The changes could push more borrowers to federal loans. Parent PLUS loans were retooled last year to allow parents to wait until their kids had finished school before beginning to repay the loan. Previously, the program required parents to start repayment within 60 days of the loan being issued.

Chronicle of Higher Education and WSJ

The Devil Wins Again!

The $410 billion spending bill that President Obama signed on March 11, 2009 contains a provision that will allow pharmaceutical companies to once again supply college-health clinics with discounted birth-control pills and other contraceptives. "This is definitely great news" said the pharmacy manager at the University of Wisconsin.

Chronicle of Higher Education

National College Fairs

Six National College Fairs will be held in California during April 2009.

April 4 San Francisco
April 14 San Diego
April 16 Ontario
April 19 Anaheim
April 20 & 21 Pasadena
April 22 Ventura

For additional information go to www.nacacnet.org. Click on Events/Training then College Fairs

To view Making the Most Out of Attending a National College Fair go to www.nacacnet.org. Click on Events/Training then webinars.

NACAC

Thursday, February 19, 2009

Federal Government Admits College Can Be a Financial Disaster

John Strossel of 20/20 fame wrote recently in his newspaper column about a college graduate named Rachele who had a $85,000 student loan while her job paid her $24,000 a year. She was told by her college just to take out the loans and get the degree because when you graduate you're going to be able to get that good job and pay the loans off with no problem.
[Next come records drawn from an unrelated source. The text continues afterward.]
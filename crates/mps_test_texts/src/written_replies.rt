//! mps_line: each answer is written as its one text.
use mps_base::{Message, Name, StepId, Value};
use mps_command::{Answer, Done, Refusal, ShownText, StepIds, Violation};
use mps_line::Reply;
use std::alloc::AllocGlobal;
use std::process::Abort;

// The reply is written as this line, after a `#`.
fn is_written(rt: &(impl Abort + AllocGlobal), reply: &Reply, line: &str) {
    let mut out = Vec::from_slice(rt.alloc(), b"#").expect(rt, "memory");
    reply.write(&mut out).expect(rt, "memory");
    assert!(rt;
        out.as_slice() == line.as_bytes(),
        "the reply written as {line}"
    );
}

// The answer is written as this line, after a `#`.
fn is_answer(rt: &(impl Abort + AllocGlobal), answer: Answer, line: &str) {
    is_written(rt, &Reply::Answer(answer), line);
}

// The answer that this step is done, and took this, is written so.
fn is_done(rt: &(impl Abort + AllocGlobal), number: u64, got: Option<Message>, line: &str) {
    let id = StepId::new(number);
    is_answer(rt, Answer::Done(Done { id, got }), line);
}

// The answer that this step is done, and took this value, is written so.
fn is_taken(rt: &(impl Abort + AllocGlobal), number: u64, value: Value, line: &str) {
    is_done(rt, number, Some(Message::Value(value)), line);
}

// `mps_line::Reply::write` appends a new step's number and what the step took: nothing, a truth value, an int, a label,
// a text.
#[test]
fn a_step_done_is_written_with_what_it_took(rt: HostRuntime) {
    is_done(&rt, 1, None, "#done 1");
    is_done(&rt, 0, None, "#done 0");
    is_taken(
        &rt,
        u64::MAX,
        Value::Bool(true),
        "#done 18446744073709551615 true",
    );
    is_taken(&rt, 2, Value::Int(-5), "#done 2 -5");
    let ok = Name::read(b"ok").expect(&rt, "a name");
    is_done(&rt, 6, Some(Message::Label(ok)), "#done 6 ok");
    let good_day = Value::read(rt.alloc(), b"\"good day\"").expect(&rt, "a value");
    is_taken(&rt, 4, good_day, "#done 4 \"good day\"");
}

// The list of these numbers.
fn listed(rt: &(impl Abort + AllocGlobal), numbers: &[u64]) -> StepIds {
    let mut ids = Vec::new(rt.alloc());
    for number in numbers {
        ids.push(StepId::new(*number)).expect(rt, "memory");
    }
    StepIds::of(ids)
}

// Numbers of steps, and the line.
const UNDONE: &[(&[u64], &str)] = &[
    (&[], "#undone"),
    (&[1], "#undone 1"),
    (&[4, 3, 2, 1], "#undone 4 3 2 1"),
    (&[0, u64::MAX], "#undone 0 18446744073709551615"),
];

// `mps_line::Reply::write` appends the numbers of the steps taken back, in their order. The last list is kept without a
// vector.
#[test]
fn steps_undone_are_written_in_order(rt: HostRuntime) {
    for (numbers, line) in UNDONE {
        is_answer(&rt, Answer::Undone(listed(&rt, numbers)), line);
    }
    is_answer(
        &rt,
        Answer::Undone(StepIds::one(StepId::new(7))),
        "#undone 7",
    );
}

// How many entries the journal has, numbers of steps, and the line.
const NEWS: &[(u64, &[u64], &str)] = &[
    (0, &[], "#news 0"),
    (5, &[], "#news 5"),
    (5, &[4], "#news 5 4"),
    (
        100_000,
        &[3, 2, u64::MAX],
        "#news 100000 3 2 18446744073709551615",
    ),
];

// The answer to a question for news is written so.
fn is_news(rt: &(impl Abort + AllocGlobal), length: u64, numbers: &[u64], line: &str) {
    let ids = listed(rt, numbers);
    is_answer(rt, Answer::News { length, ids }, line);
}

// `mps_line::Reply::write` appends the length of the journal, and the numbers in their order.
#[test]
fn news_are_written_with_the_length_of_the_journal(rt: HostRuntime) {
    for (length, numbers, line) in NEWS {
        is_news(&rt, *length, numbers, line);
    }
}

// `mps_line::Reply::write` appends a shown session as it is.
#[test]
fn a_shown_session_is_written_as_it_is(rt: HostRuntime) {
    let text = Vec::from_slice(rt.alloc(), b"{\"history\":[]}").expect(&rt, "memory");
    is_answer(&rt, Answer::Shown(ShownText::of(text)), "#{\"history\":[]}");
}

// Each violation, and its line.
const VIOLATIONS: &[(Violation, &str)] = &[
    (Violation::Ended, "#refused ended"),
    (Violation::WrongAct, "#refused wrongact"),
    (Violation::WrongPeer, "#refused wrongpeer"),
    (Violation::WrongSort, "#refused wrongsort"),
    (Violation::NoLabel, "#refused nolabel"),
    (Violation::NothingQueued, "#refused nothingqueued"),
    (Violation::Mismatch, "#refused mismatch"),
];

// The refusal is written as this line.
fn is_refused(rt: &(impl Abort + AllocGlobal), refusal: Refusal, line: &str) {
    is_answer(rt, Answer::Refused(refusal), line);
}

// `mps_line::Reply::write` appends each reason for which a room refuses a command, `needed` and `final` with the step.
#[test]
fn each_refusal_of_a_room_is_written(rt: HostRuntime) {
    for (violation, line) in VIOLATIONS {
        is_refused(&rt, Refusal::Violation(*violation), line);
    }
    is_refused(&rt, Refusal::NoStep, "#refused nostep");
    is_refused(&rt, Refusal::NotYours, "#refused notyours");
    is_refused(&rt, Refusal::NoMark, "#refused nomark");
    is_refused(&rt, Refusal::Full, "#refused full");
    is_refused(&rt, Refusal::Memory, "#refused memory");
    let by = StepId::new(2);
    is_refused(&rt, Refusal::Needed { by }, "#refused needed 2");
    is_refused(&rt, Refusal::Final { by }, "#refused final 2");
    let by = StepId::new(u64::MAX);
    is_refused(
        &rt,
        Refusal::Final { by },
        "#refused final 18446744073709551615",
    );
}

// `mps_line::Reply::write` appends each refusal that a script, a conversation or a server gives by itself.
#[test]
fn each_refusal_that_no_room_gives_is_written(rt: HostRuntime) {
    is_written(&rt, &Reply::BadLine, "#refused line");
    is_written(&rt, &Reply::NoSession, "#refused nosession");
    is_written(&rt, &Reply::NoRole, "#refused norole");
    is_written(&rt, &Reply::Taken, "#refused taken");
    is_written(&rt, &Reply::Number, "#refused number");
    is_written(&rt, &Reply::Busy, "#refused busy");
    is_written(&rt, &Reply::Unkept, "#refused journal");
    is_written(&rt, &Reply::Elsewhere, "#refused elsewhere");
}
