//! What the tests of this crate share: names, variables and lists of roles, of letters.

use mps_base::{Name, Roles, VarName};
use std::alloc::AllocGlobal;
use std::process::Abort;

// The name of these letters.
pub(crate) fn name(rt: &impl Abort, letters: &str) -> Name {
    Name::read(letters.as_bytes()).expect(rt, "a name")
}

// The variable of these letters.
pub(crate) fn variable(rt: &impl Abort, letters: &str) -> VarName {
    VarName::read(letters.as_bytes()).expect(rt, "a variable")
}

// The roles a and b.
pub(crate) fn two_roles(rt: &(impl Abort + AllocGlobal)) -> Roles {
    Roles::of(rt.alloc(), &[name(rt, "a"), name(rt, "b")]).expect(rt, "roles")
}

// The roles a, b and c.
pub(crate) fn three_roles(rt: &(impl Abort + AllocGlobal)) -> Roles {
    let names = [name(rt, "a"), name(rt, "b"), name(rt, "c")];
    Roles::of(rt.alloc(), &names).expect(rt, "roles")
}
Students have heard a similar message all of their lives that it's college or nothing regardless if they attended a private or public school.

Unfortunately there are millions of Rachele's in this country struggling to make their monthly loan payments. Acknowledging this disaster a new federal program starting this coming fall promises relief and hope for graduates burdened with big federal education debts. Starting July 1, those with federal loans can ask the government to limit their monthly payments to less then 15 percent of their income.

Homer Sweeney

Wednesday, February 18, 2009

The College Major That Is Always In Demand

Want to have a job when you graduate for college? Kathryn Van Ness, director of UC Irvine's career center offers the following suggestions.

Major in accounting. Accounting is the only industry in this very tight market in which recruitment has not fallen off from a year before. The biggest drops have been in consulting and financial services.

Get experience. Internships are currency for entry-level applicants. Van Ness said 80 percent of UC Irvine students who are interns with a company get full-time offers from that company upon graduation.